Fans of drumming are likely to be wowed by the splashy and in your face stylings of Mr. Paul Haile. In his capable hands, the drums become a lead instrument, begging for attention. Lauren Haile is really doing most of the heavy rythmic lifting on piano, creating a heartbeat for the other instruments to follow. Through the almost one hour long experience, you can feel the band really pushing and stretching their boundaries. From guitarist Ian Simpson mixing in Top Gun styled riffs on "Bodes", to the band collectively creating soundtrack ready jams like "Zeitgeist" and "Her", the expanse and scope of the project is at once fearsome and beautiful.

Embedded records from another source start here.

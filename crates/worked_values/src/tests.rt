// Worked values from outside, and each call once.
ghost use Rattle.std.specs.Prelude.{◌≡◌, ◌+◌, ◌≤◌, length, OnOk};
ghost use Rattle.midranks.specs.declared.TheConstants.{MOST_VALUES};
ghost use Rattle.node_pool.specs.Nodes.{weighted};

use crate::tail_of_six;
use completion_bounds::{Later, Part, box_bounds, greatest_linear, least_linear, weight_bounds};
use enumerate::{first_labelling, next_labelling, next_signs};
use midranks::{MOST_VALUES, Tie, doubled, group_of, tie_groups};
use node_pool::{NodeList, NodePool};
use number_text::NumberFault::{Missing, NotNumber, OutOfRange};
use number_text::{NumberFault, read_count, read_list, read_value};
use row_products::{RowBounds, RowProducts};
use scores::ScoreKind::{Ansari, Median, Mood, Raw, Savage, Wilcoxon};
use scores::{ScoreFault, ScoreKind, labelled_sum, scored};
use std::alloc::Global;
use std::fmt::Debug;
use std::process::Abort;
use std::test::Fail;
use weights::{
    Bytes, Count, Frame, Ints, MAX, Narrow, NoMemory, Nums, Rule, Tail, Wide, binomial,
    bounded_product, gcd, lcm, multinomial, power,
};

// The value is the one that is wanted.
fn same<T: PartialEq + Debug>(rt: &impl Abort, found: &T, wanted: &T) {
    assert_eq!(rt; *found, *wanted);
}

// The list is the one that is wanted.
fn same_list<T: PartialEq + Debug>(rt: &impl Abort, found: &[T], wanted: &[T]) {
    assert_eq!(rt; *found, *wanted);
}

fn chooses(rt: &impl Abort, n: u64, k: u64, ways: Option<u128>) {
    assert!(rt; binomial(n, k) == ways, "{k} of {n}");
}

#[test]
fn choices(rt: HostRuntime) {
    chooses(&rt, 130, 65, Some(95067625827960698145584333020095113100));
    chooses(&rt, 131, 65, None);
    chooses(&rt, 3, 5, Some(0));
    let most = 42535295865117307928310139910543638528;
    chooses(&rt, 1 << 63, 2, Some(most));
    chooses(&rt, u64::MAX, 1 << 63, None);
    same(&rt, &multinomial(&[2, 1, 1]), &Some(12));
    same(&rt, &multinomial(&[5_000, 5_000]), &None);
}

#[test]
fn multiples_and_powers(rt: HostRuntime) {
    same(&rt, &(gcd(0, 0), gcd(12, 18)), &(0, 6));
    same(&rt, &(lcm(4, 6), lcm(MAX, 2)), &(Some(12), None));
    same(&rt, &bounded_product(1 << 64, 1 << 63), &None);
    same(
        &rt,
        &power(2, 126),
        &Some(85070591730234615865843651857942052864),
    );
    same(&rt, &(power(2, 127), power(1, u64::MAX)), &(None, Some(1)));
}

fn sum_and_product<C: Count>(a: u128, b: u128) -> Option<(u128, u128)> {
    let a = C::of(a)?;
    let b = C::of(b)?;
    Some((a.checked_add(b)?.value(), a.checked_mul(b)?.value()))
}

#[test]
fn counts(rt: HostRuntime) {
    same(&rt, &sum_and_product::<Narrow>(4, 6), &Some((10, 24)));
    same(&rt, &sum_and_product::<Narrow>(1 << 63, 1 << 63), &None);
    same(
        &rt,
        &sum_and_product::<Wide>(1 << 64, 5),
        &Some(((1 << 64) + 5, 5 << 64)),
    );
    same(&rt, &sum_and_product::<Wide>(MAX, 1), &None);
}

#[test]
fn lists_of_scores(rt: HostRuntime) -> Result<(), Fail> {
    let mut ints = Ints::empty(rt.alloc());
    ints.push(7)?;
    let mut copy = ints.copy()?;
    for item in copy.as_mut_slice().iter_mut() {
        *item = -8;
    }
    same_list(&rt, copy.as_slice(), &[-8]);
    same_list(&rt, ints.as_slice(), &[7]);
    Ok(())
}

#[test]
fn lists_of_zeros(rt: HostRuntime) -> Result<(), Fail> {
    same_list(&rt, Ints::zeros(rt.alloc(), 2)?.as_slice(), &[0, 0]);
    Ok(())
}

#[test]
fn lists_of_numbers(rt: HostRuntime) -> Result<(), Fail> {
    let mut nums = Nums::empty(rt.alloc());
    nums.append(&[u64::MAX, 1])?;
    same_list(&rt, nums.as_slice(), &[u64::MAX, 1]);
    Ok(())
}

#[test]
fn lists_of_bytes(rt: HostRuntime) -> Result<(), Fail> {
    let mut bytes = Bytes::empty(rt.alloc());
    bytes.push(255)?;
    same_list(&rt, bytes.as_slice(), &[255]);
    Ok(())
}

// The rank sum of six values, 30 by doubled ranks: six times it is 54 above the centre 126.
#[test]
fn equality_belongs_to_the_tail(rt: HostRuntime) {
    let frame = Frame {
        statistic: 30,
        scale: 2,
        total: 20,
        two: Rule::far(6, 126, 30),
    };
    same(&rt, &frame.rule(Tail::Two), &Rule::Far(6, 126, 54));
    same(&rt, &frame.rule(Tail::Less), &Rule::AtMost(30));
    let greater = frame.rule(Tail::Greater);
    same(&rt, &greater, &Rule::AtLeast(30));
    for (rule, value, passes) in [
        (Rule::AtMost(30), 30, true),
        (Rule::AtLeast(30), 29, false),
        (Rule::Far(6, 126, 54), 12, true),
        (Rule::Far(6, 126, 54), 13, false),
    ] {
        assert!(rt; rule.passes(value) == passes, "{value}");
    }
}

#[test]
fn walks_labels_in_order(rt: HostRuntime) -> Result<(), Fail> {
    let mut labels = first_labelling(rt.alloc(), &[2, 1])?;
    same_list(&rt, labels.as_slice(), &[0, 0, 1]);
    let steps = [
        next_labelling(labels.as_mut_slice()),
        next_labelling(labels.as_mut_slice()),
        next_labelling(labels.as_mut_slice()),
    ];
    same(&rt, &steps, &[true, true, false]);
    same_list(&rt, labels.as_slice(), &[1, 0, 0]);
    Ok(())
}

#[test]
fn walks_signs_in_order(rt: HostRuntime) {
    let mut signs = [0, 1];
    assert!(rt; next_signs(&mut signs));
    same(&rt, &signs, &[1, 0]);
}

fn tails_of_six(alloc: Global) -> Result<[u128; 3], NoMemory> {
    let less = tail_of_six(alloc, Tail::Less)?;
    let greater = tail_of_six(alloc, Tail::Greater)?;
    Ok([less, greater, tail_of_six(alloc, Tail::Two)?])
}

#[test]
fn tails_in_order(rt: HostRuntime) -> Result<(), Fail> {
    same(&rt, &tails_of_six(rt.alloc())?, &[20, 1, 2]);
    Ok(())
}

// Each text has its value or its fault.
fn reads(rt: &impl Abort, texts: &[(&str, Result<i128, NumberFault>)]) {
    for (text, value) in texts {
        assert!(rt; read_value(text.as_bytes()) == *value, "at {text}");
    }
}

#[test]
fn texts_of_values(rt: HostRuntime) {
    let least = -999_999_999_999_999_999_999_999_999_999_999_999;
    reads(
        &rt,
        &[
            ("+.5", Ok(500_000_000_000_000_000)),
            ("-1e-18", Ok(-1)),
            ("-0.0E+999999999999999999999999999999", Ok(0)),
            ("0.0000000000000000000000000000000000000001e22", Ok(1)),
            ("-999999999999999999.999999999999999999", Ok(least)),
            ("\t \t", Err(Missing)),
            (" NA ", Err(Missing)),
            ("1e5.", Err(NotNumber)),
            ("1\r", Err(NotNumber)),
            ("é", Err(NotNumber)),
            ("1e18", Err(OutOfRange)),
            ("-1.5e-18", Err(OutOfRange)),
            ("1e999999999999999999999999999999", Err(OutOfRange)),
        ],
    );
}

#[test]
fn texts_of_counts_and_lists(rt: HostRuntime) {
    same(&rt, &read_count(b"1000000", 1_000_000), &Some(1_000_000));
    same(&rt, &read_count(b"1000001", 1_000_000), &None);
    let mut out = [7; 3];
    same(
        &rt,
        &read_list(b" 05 ,\t-006\t", -9, 9, out.as_mut_slice()),
        &Some(2),
    );
    same(&rt, &out, &[5, -6, 7]);
    same(
        &rt,
        &read_list(b"1,2,3,4", -9, 9, out.as_mut_slice()),
        &None,
    );
}

// Ten thousand digits are read without a number of that size.
#[test]
fn long_texts_of_numbers(rt: HostRuntime) {
    let mut text = [b'0'; 10_000];
    text[9_999] = b'9';
    same(
        &rt,
        &read_value(text.as_slice()),
        &Ok(9_000_000_000_000_000_000),
    );
    same(&rt, &read_count(text.as_slice(), 9), &Some(9));
    text[0] = b'9';
    same(&rt, &read_value(text.as_slice()), &Err(OutOfRange));
    same(&rt, &read_count(text.as_slice(), u64::MAX), &None);
    text[1] = b'e';
    same(
        &rt,
        &read_value(text.as_slice()),
        &Ok(9_000_000_000_000_000_000_000_000_000),
    );
}

fn tie(value: i128, count: u64) -> Tie
    ensures { result ≡ record { value = value; count = count } }
{
    Tie { value, count }
}

// So many values, from the greatest down.
fn many(alloc: Global, number: usize) -> Result<Ints, NoMemory> {
    let mut values = Ints::empty(alloc);
    for i in 0..number {
        values.push((i as i128).wrapping_neg())?;
    }
    Ok(values)
}

#[test]
fn place_of_a_group(rt: HostRuntime) -> Result<(), Fail> {
    same(&rt, &group_of(&[tie(-1, 1), tie(5, 4)], 5), &1);
    Ok(())
}

#[test]
fn ranks_of_ties(rt: HostRuntime) -> Result<(), Fail> {
    let six = doubled(rt.alloc(), &[1, 2, 2, 2, 3, 3])?;
    same_list(&rt, six.as_slice(), &[2, 6, 6, 6, 11, 11]);
    Ok(())
}

#[test]
fn groups_of_ties(rt: HostRuntime) -> Result<(), Fail> {
    let groups = tie_groups(rt.alloc(), &[3, 2, 1, 2, 3, 2])?;
    same_list(&rt, groups.as_slice(), &[tie(1, 1), tie(2, 3), tie(3, 2)]);
    Ok(())
}

// As many as there may be.
#[test]
fn ranks_of_many_values(rt: HostRuntime) -> Result<(), Fail> {
    let values = many(rt.alloc(), MOST_VALUES)?;
    assert!(rt; values.len() <= MOST_VALUES);
    let ranks = doubled(rt.alloc(), values.as_slice())?;
    same(&rt, &ranks.as_slice().first().copied(), &Some(20_000));
    same(&rt, &ranks.as_slice().last().copied(), &Some(2));
    Ok(())
}

// The sum of the scores of so many distinct values; none where it is too wide.
fn score_sum(rt: &impl Abort, alloc: Global, kind: ScoreKind, values: &[i128]) -> Option<u128> {
    assert!(rt; values.len() <= MOST_VALUES);
    match scored(alloc, kind, values) {
        Ok(scored) => Some(scored.sum),
        Err(ScoreFault::TooWide) => None,
        Err(ScoreFault::NoMemory) => panic!(rt; "no memory"),
    }
}

fn tied_scores(rt: &impl Abort, alloc: Global, kind: ScoreKind, sum: u128) {
    let tied = [5, -3, 5, -3, 0];
    assert!(rt; score_sum(rt, alloc, kind, &tied) == Some(sum), "{kind:?}");
}

#[test]
fn scores_of_ties(rt: HostRuntime) {
    tied_scores(&rt, rt.alloc(), Wilcoxon, 30);
    tied_scores(&rt, rt.alloc(), Ansari, 18);
    tied_scores(&rt, rt.alloc(), Mood, 80);
    tied_scores(&rt, rt.alloc(), Savage, 600);
    tied_scores(&rt, rt.alloc(), Median, 4);
    tied_scores(&rt, rt.alloc(), Raw, 16);
    same(&rt, &labelled_sum(&[2, -5, 11], &[1, 0, 1], 1), &13);
}

// Whether the scores of so many distinct values have a sum within the limit.
fn fits(
    rt: &impl Abort,
    alloc: Global,
    kind: ScoreKind,
    number: usize,
    fits: bool,
) -> Result<(), NoMemory> {
    let values = many(alloc, number)?;
    let sum = score_sum(rt, alloc, kind, values.as_slice());
    assert!(rt; sum.is_some() == fits, "{kind:?} of {number}");
    Ok(())
}

#[test]
fn scores_of_many_values(rt: HostRuntime) -> Result<(), Fail> {
    fits(&rt, rt.alloc(), Wilcoxon, 10_000, true)?;
    fits(&rt, rt.alloc(), Mood, 10_000, true)?;
    fits(&rt, rt.alloc(), Savage, 82, true)?;
    fits(&rt, rt.alloc(), Savage, 83, false)?;
    Ok(())
}

// Adds a weight, with room for it.
fn put<C: Count>(pool: &mut NodePool<C>, key: &[i128], weight: u128) -> Result<(), NoMemory>
    requires wide { length key.now ≡ pool.old.width }
    requires limit { weighted (λ k. 1) pool.old.nodes + weight ≤ C.LIMIT }
    ensures width { OnOk result (pool.new.width ≡ pool.old.width) }
    ensures total { OnOk result
        (weighted (λ k. 1) pool.new.nodes ≡ weighted (λ k. 1) pool.old.nodes + weight) }
{
    pool.reserve(1)?;
    match C::of(weight) {
        Some(weight) => pool.add(key, weight),
        None => unreachable!(),
    }
    Ok(())
}

// The weight at a key's place, or 0 where it has none.
fn weight_of<C: Count>(pool: &NodePool<C>, key: &[i128]) -> u128 {
    for i in 0..pool.len() {
        if pool.key(i) == key {
            return pool.weight(i).value();
        }
    }
    0
}

// A pool of two keys, to one of which was added twice.
fn two_keys(alloc: Global) -> Result<NodePool<Wide>, NoMemory> {
    let mut pool = NodePool::<Wide>::new(alloc, 2)?;
    put(&mut pool, &[1, 5], 3)?;
    put(&mut pool, &[1, 6], 1 << 100)?;
    put(&mut pool, &[1, 5], 4)?;
    Ok(pool)
}

// Equal keys are one, and a pool that is refused memory stays as it was.
#[test]
fn pools_of_nodes(rt: HostRuntime) -> Result<(), Fail> {
    let mut pool = two_keys(rt.alloc())?;
    same(&rt, &pool.len(), &2);
    let spare = pool.spare();
    assert!(rt; pool.reserve(1 << 40).is_err());
    same(&rt, &pool.spare(), &spare);
    same(&rt, &weight_of(&pool, &[1, 5]), &7);
    same(&rt, &weight_of(&pool, &[1, 6]), &(1 << 100));
    pool.clear();
    same(&rt, &pool.len(), &0);
    Ok(())
}

// A pool that is refused an allocation keeps its keys, and takes more of them afterwards. So many
// keys of 16 numbers are more than half a terabyte, which the allocator does not have.
#[test]
fn pools_are_filled_after_a_refusal(rt: HostRuntime) -> Result<(), Fail> {
    let mut pool = NodePool::<Wide>::new(rt.alloc(), 16)?;
    put(&mut pool, &[1; 16], 3)?;
    let spare = pool.spare();
    assert!(rt; pool.reserve(2_147_000_000).is_err());
    same(&rt, &(pool.len(), pool.spare()), &(1, spare));
    for more in 0..8usize {
        put(&mut pool, &[more as i128 + 2; 16], 5)?;
    }
    put(&mut pool, &[1; 16], 4)?;
    same(&rt, &pool.len(), &9);
    same(&rt, &weight_of(&pool, &[1; 16]), &7);
    same(&rt, &weight_of(&pool, &[9; 16]), &5);
    Ok(())
}

// Equal keys are one, at no number too.
#[test]
fn pools_of_empty_keys(rt: HostRuntime) -> Result<(), Fail> {
    let mut empty = NodePool::<Narrow>::new(rt.alloc(), 0)?;
    put(&mut empty, &[], 3)?;
    put(&mut empty, &[], 4)?;
    same(&rt, &(empty.len(), weight_of(&empty, &[])), &(1, 7));
    Ok(())
}

#[test]
fn lists_of_nodes(rt: HostRuntime) -> Result<(), Fail> {
    let one = Narrow::of(1).ok_or("within the limit")?;
    let mut list = NodeList::<Narrow>::new(rt.alloc(), 0);
    list.push(&[], one)?;
    same(&rt, &(list.len(), list.weight(0).value()), &(1, 1));
    list.clear();
    same(&rt, &list.len(), &0);
    Ok(())
}

fn later(score: i128, count: u64, stage: u64) -> Later
    ensures { result ≡ record { score = score; count = count; stage = stage } }
{
    Later {
        score,
        count,
        stage,
    }
}

// A column of a stage that is past, tied units, scores below 0, and a row without units. Of the
// twelve orders of -4, 3, 3 and 9 beside -3, -3, 2 and 5 the sums lie from -50 to 54.
#[test]
fn bounds_of_completions(rt: HostRuntime) {
    let rows = [
        Part {
            score: -3,
            count: 2,
        },
        Part {
            score: -1,
            count: 0,
        },
        Part { score: 2, count: 1 },
        Part { score: 5, count: 1 },
    ];
    let columns = [
        later(-7, 1, 1),
        later(-4, 1, 2),
        later(3, 2, 3),
        later(9, 1, 4),
    ];
    same(&rt, &least_linear(&rows, &columns, 2), &-50);
    same(&rt, &greatest_linear(&rows, &columns, 2), &54);
    same(&rt, &box_bounds(&[-2, 1], &[3, 4], &[5, 2], MAX), &(2, 77));
    same(
        &rt,
        &box_bounds(&[4, 4], &[12, 12], &[1, 1], 200),
        &(32, 200),
    );
    same(&rt, &weight_bounds(3, 21, &[0, 5, 2], &[6, 1]), &(18, 63));
}

// The tables weigh from 4 to 12, and from 4 to 288; where a product passes the limit there are no
// bounds.
#[test]
fn bounds_by_rows(rt: HostRuntime) -> Result<(), Fail> {
    let products = RowProducts::new(rt.alloc())?;
    let of_six = RowBounds {
        least: 2,
        greatest: 12,
    };
    same(&rt, &products.bounds(&[2, 4], &[3, 3]), &Some(of_six));
    let of_ten = RowBounds {
        least: 4,
        greatest: 288,
    };
    same(&rt, &products.bounds(&[2, 4, 4], &[5, 3, 2]), &Some(of_ten));
    same(&rt, &products.bounds(&[21, 21], &[40, 2]), &None);
    Ok(())
}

As if to remind you that it is not safe to take home to mom, the album finishes with a menacing note. Grimy and unyielding, "Ancients" ends the record with the menacing presence of baritone guitar and a brutally angry bass tone, created by Navid Manoochehri. This track is a little like taking on the school bully at lunch, getting your teeth kicked in and, with the song ending in a most angelic albeit slightly creepy fashion, ultimately realizing that through it all you’ve somehow managed to gain respect from your peers. Through it all "Would you Hug Fire?" shows just how much rock post-rock can possibly handle.

-Craig Tierney

"At [The Silent Ballet], we review a lot of demos, debuts, and self-released discs. Everybody gets a shot. Our reactions to smaller productions tend to fall into one of three categories: 1) It’s not very good, but thanks for sharing; 2) It’s okay, but a lot needs to change; or 3) Well done, we expect the next will be even better. Holly Emblem’s 2008 review of Not to Reason Why’s Who Wants Flowers When They're Dead? is an example of the latter. All too often, artists fail to live up to expectations. Not to Reason Why is the exception, the sort of act that makes fans puff with proprietary pride: “Yes, well I was listening to them last year.” But even more importantly, Not to Reason Why is a band to wonder at, to cheer for, and to congratulate, because Would You Hug Fire? turns out to be one of the year’s stronger post-rock releases.

In order to get to this point, the Cali foursome had to do a lot of work. First, of course, they had to practice their instruments – the playing here is tight and instinctive. Second, they had to hone their compositional skills – the EP was solid, but the album is deep. Third, they had to choose a signature sound – the math rock and ambient influences described by Holly now take a back seat to post-rock (and thank God, because the genre is in desperate need of revitalization). The band also secured additional instrumentation: a trumpet on one track, strings and double bass on others. As bonuses, they released the album on vinyl and included four double-sided glossy art cards (one side for each song) with each LP and CD release. Did they leave anything out? Not really. The album looks good, feels good, and sounds good. A scented version might have been too much to ask.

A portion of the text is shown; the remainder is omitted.